Roma, Teatro Parioli, Stagione 2022/2023
“ZIO VANJA”
di Anton Cechov
Adattamento e regia Roberto Valerio
Aleksandr Vladimiroviè Serebrjakov ALBERTO MANCIOPPI
Elena Andreevna CATERINA MISASI
Sof’ja Aleksandrovna MIMOSA CAMPIRONI
Marija Vasil’evna Vojnickaja ELISABETTA PICCOLOMINI
Ivan Petroviè Vojnickij (Vanja) GIUSEPPE CEDERNA
Michail L’Voviè Astrov PIETRO BONTEMPO
Il’ja Iliè Telegin MASSIMO GRIGO‘
Costumi Lucia Mariani
Luci Emiliano Pona
Suoni Alessandro Saviozzi
Allestimento Associazione Teatrale Pistoiese.
Produzione ATP Teatri di Pistoia Centro Produzione Teatrale con il sostegno di Ministero della Cultura , Regione Toscano
Roma, 08 Febbraio 2023
“ Oh, capisci… ( stringe convulsamente la mano di Astrov) capisci, se si potesse trascorrere quel che resta della vita in qualche modo, in modo nuovo. Svegliarsi in una limpida, tranquilla mattina e sentire che hai ripreso a vivere da capo, che tutto il passato è dimenticato, è svanito come fumo. ( Piange). Cominciare una vita nuova… Suggeriscimi come cominciare… da che cosa cominciare…” ( Zio Vanja , A. Cechov )

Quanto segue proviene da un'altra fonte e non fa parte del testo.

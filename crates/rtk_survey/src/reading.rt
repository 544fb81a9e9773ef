//! Reading a capture to its end, once.
//!
//! A read asks for 32,768 bytes. A frame is decoded where the scanner holds it, whatever the pieces
//! are.

ghost use Rattle.std.specs.Prelude.{◌≡◌, ◌≢◌, ◌≤◌, ◌+◌, ◌++◌, [], ◌∷◌, ℕ, List, length, take, Err, IfOk, IsErrOf, OnOk, false};
ghost use Rattle.rtk_frame.specs.Frames.{frames, final_frames, payloads, pending};
ghost use Rattle.rtk_frame.specs.Stream.{CountRises};
ghost use Rattle.rtk_message.specs.AnyDecoded.{IsValid};
ghost use Rattle.rtk_survey.specs.Counting.{shown_count};
ghost use Rattle.rtk_survey.specs.Summary.{HasRisenBy};
ghost use Rattle.rtk_survey.specs.Surveys.{HoldsMore, Surveys, look_if_empty};
ghost use Rattle.rtk_survey.specs.Tracing.{entries_of_message};
ghost use Rattle.rtk_survey.specs.declared.survey_fault.SurveyFault.TheVariants.{Read, Endless, Write};

use crate::beside_gps::put_cells_beside_gps;
use crate::contents::Contents;
use crate::look::{Look, look_of};
use crate::survey::CaptureSurvey;
use crate::survey_fault::SurveyFault;
use crate::target::Target;
use arrayvec::ArrayVec;
use rtk_frame::{Answer, Scanner, Source};
use rtk_message::{Accepted, AnyDecoder, AnyMessage};
use rtk_obs::{CellEntry, SignalEntry, put_cells_msm, put_cells_of};
use std::alloc::{AllocError, Global};

/// The most bytes that one read asks for.
const PIECE: usize = 32_768;

/// 1004 to 1006, 1012, and MSM4 to MSM7 of all systems.
const READ: Accepted = Accepted {
    obs1012: true,
    ..Accepted::ALL
};

/// How many bytes of a capture are kept from its beginning.
const HEAD: usize = 512;

// Decodes payloads one after another.
#[derive(Drop)]
struct Decoding {
    decoder: AnyDecoder,
    // The cells of GPS of the last message. Those of the next one are put over them: a list of its own
    // would be cleared for each message.
    room: ArrayVec<CellEntry, 64>,
    // Its cells of other systems.
    signals: ArrayVec<SignalEntry, 64>,
}

// Puts the cells of GPS of a message over a list.
fn put_entries(message: &AnyMessage, found: &mut ArrayVec<CellEntry, 64>)
    requires { IsValid message.now }
    ensures { found.new.items ≡ entries_of_message message.now }
{
    let _ = match message {
        AnyMessage::Message(message) => put_cells_of(message, found),
        AnyMessage::Msm(message) => put_cells_msm(message, found),
        AnyMessage::Obs1012(_) => {
            found.clear();
            true
        }
    };
}

impl Decoding {
    // Nothing was decoded.
    fn new() -> Decoding {
        Decoding {
            decoder: AnyDecoder::new(),
            room: ArrayVec::new(),
            signals: ArrayVec::new(),
        }
    }

    // Takes a frame, by its payload.
    fn take_frame(
        &mut self,
        alloc: Global,
        payload: &[u8],
        contents: &mut Contents,
    ) -> Result<(), AllocError>
        ensures { OnOk result (HoldsMore (payload.now ∷ []) contents.old contents.new) }
    {
        match self.decoder.read(READ, payload) {
            Ok(message) => {
                put_entries(message, &mut self.room);
                put_cells_beside_gps(message, &mut self.signals);
                let entries = self.room.as_slice();
                let signals = self.signals.as_slice();
                contents.take_message(alloc, payload, message, entries, signals)
            }
            Err(fault) => contents.take_fault(alloc, payload, *fault),
        }
    }
}

// Takes the frames that a piece completes.
fn take_piece(
    alloc: Global,
    scanner: &mut Scanner,
    decoding: &mut Decoding,
    contents: &mut Contents,
    piece: &[u8],
) -> Result<(), AllocError>
    requires { scanner.old.ended ≡ false }
    ensures is_open { OnOk result (scanner.new.ended ≡ false) }
    ensures pending { OnOk result (scanner.new.pending ≡ pending (scanner.old.pending ++ piece.now)) }
    ensures held { OnOk result (HoldsMore (payloads (final_frames (scanner.old.pending ++ piece.now))) contents.old contents.new) }
{
    let mut at = 0;
    'frames: loop {
        let fed = scanner.feed(&piece[at..]);
        at += fed.used;
        let Answer::Found(payload) = fed.answer else {
            return Ok(());
        };
        decoding.take_frame(alloc, payload, contents)?;
    }
}

// Takes the frames that are left at the end of the capture.
fn take_rest(
    alloc: Global,
    scanner: &mut Scanner,
    decoding: &mut Decoding,
    contents: &mut Contents,
) -> Result<(), AllocError>
    ensures { OnOk result (HoldsMore (payloads (frames scanner.old.pending)) contents.old contents.new) }
{
    'frames: while let Some(payload) = scanner.rest() {
        decoding.take_frame(alloc, payload, contents)?;
    }
    Ok(())
}

// Appends bytes that fit.
fn add(head: &mut ArrayVec<u8, HEAD>, bytes: &[u8])
    requires { length head.old.items + length bytes.now ≤ 512 }
    ensures { head.new.items ≡ head.old.items ++ bytes.now }
{
    if head.try_extend_from_slice(bytes).is_err() {
        unreachable!();
    }
}

// Adds a piece to the first bytes of a capture, as far as there is room.
fn add_piece(head: &mut ArrayVec<u8, HEAD>, piece: &[u8])
    ensures { head.new.items ≡ take 512 (head.old.items ++ piece.now) }
{
    let room = head.remaining_capacity();
    let count = piece.len().min(room);
    add(head, &piece[..count]);
}

// What a capture looks like, if it has no frame.
fn look_if_empty(frames: u64, head: &[u8]) -> Option<Look>
    ensures { (count : ℕ) (bytes : List ℕ) → frames ≡ shown_count count → head.now ≡ take 512 bytes
        → result ≡ look_if_empty count bytes }
{
    if frames == 0 {
        Some(look_of(head))
    } else {
        None
    }
}

/// Reads a capture once, to its end. What it tells of the station of a conversion is kept if `target`
/// asks for it.
pub fn survey_capture<R: Source>(
    alloc: Global,
    reader: &mut R,
    target: Option<Target>,
    max_reads: u64,
) -> Result<CaptureSurvey, SurveyFault>
    // Done: the survey of what was read.
    ensures survey { IfOk result (λ survey. Surveys target (R.given reader.old) (R.given reader.new) survey) }
    ensures to_the_end { OnOk result (R.is_at_end reader.new) }
    ensures reads { R.calls reader.new ≤ R.calls reader.old + max_reads }

    // Each fault comes only if its cause is there, and no call fails without its fault.
    ensures read_failed { IsErrOf result Read → CountRises (R.failures reader.old) (R.failures reader.new) }
    ensures no_failed_read { result ≢ Err Read → R.failures reader.new ≡ R.failures reader.old }
    ensures endless { IsErrOf result Endless → HasRisenBy (R.calls reader.old) (R.calls reader.new) max_reads }
    ensures no_write { IsErrOf result Write → ⊥ }
{
    let Ok(mut scanner) = Scanner::new(alloc) else {
        return Err(SurveyFault::OutOfMemory);
    };
    let mut decoding = Decoding::new();
    let mut contents = Contents::new(alloc, target);
    let mut piece = vec![in alloc; 0u8; PIECE]?;
    let mut bytes = 0u64;
    let mut head = ArrayVec::new();
    'reads: for _made in 0..max_reads {
        let Ok(count) = reader.read(piece.as_mut_slice()) else {
            return Err(SurveyFault::Read);
        };
        if count == 0 {
            take_rest(alloc, &mut scanner, &mut decoding, &mut contents)?;
            let look = look_if_empty(contents.frames, head.as_slice());
            return Ok(CaptureSurvey {
                bytes,
                look,
                contents,
            });
        }
        let part = &piece[..count];
        bytes = bytes.saturating_add(count as u64);
        add_piece(&mut head, part);
        take_piece(alloc, &mut scanner, &mut decoding, &mut contents, part)?;
    }
    Err(SurveyFault::Endless)
}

Il 26 ottobre del 1899 Anton Čechov fa rappresentare al Teatro d’arte di Mosca Zio Vanja. Assieme a Il Gabbiano è considerato uno dei drammi più importanti dello scrittore di Taganrog, in quanto rappresentazione di una realtà familiare intrisa di odio e di rancori inespressi. Roberto Valerio porta a Roma al Teatro Parioli il titolo curando adattamento e regia.Nella sterminata foresta russa, Sonja e suo zio Vanja portano avanti la tenuta di famiglia, lavorando giorno e notte. Il padre di Sonja, Alexandr, è un famoso professore e uomo di scienza, con una spiccata tendenza ipocondriaca, sposato con una giovane ed avvenente donna. L’equilibrio familiare viene rottoquando il professore decide di trasferirsi in campagna insieme a Sonja e Vanja, i quali sono costretti a sacrificare il loro tempo per dedicarlo ai capricci del vecchio capofamiglia. Vanja è appesantito dall’età che avanza e dalle delusioni che la vita gli ha riservato. Si rende conto di aver sprecato una vita intera per dedicarsi agli interessi di un uomo vile e mediocre come il professore. Sonja, invece, si innamora perdutamente del medico di famiglia, sempre più presente nella tenuta a causa dei continui presunti malanni del padre. Un amore che però non viene ricambiato, dato che il professore, a sua volta, perde la testa per l’avvenente moglie di Aleksandr. Nonostante le pièce cechoviane risalgano ai primissimi anni del secolo scorso, infatti, sarebbe un errore etichettarle come qualcosa di ormai arrugginito e incapace di comunicare qualcosa ai contemporanei. Anton Cechov, infatti, ha avuto l’incredibile capacità di leggere nel profondo dell’animo umano, cogliendo le fragilità, i reconditi desideri e le intime sofferenze dei suoi personaggi in un modo che rimane valido ancora oggi.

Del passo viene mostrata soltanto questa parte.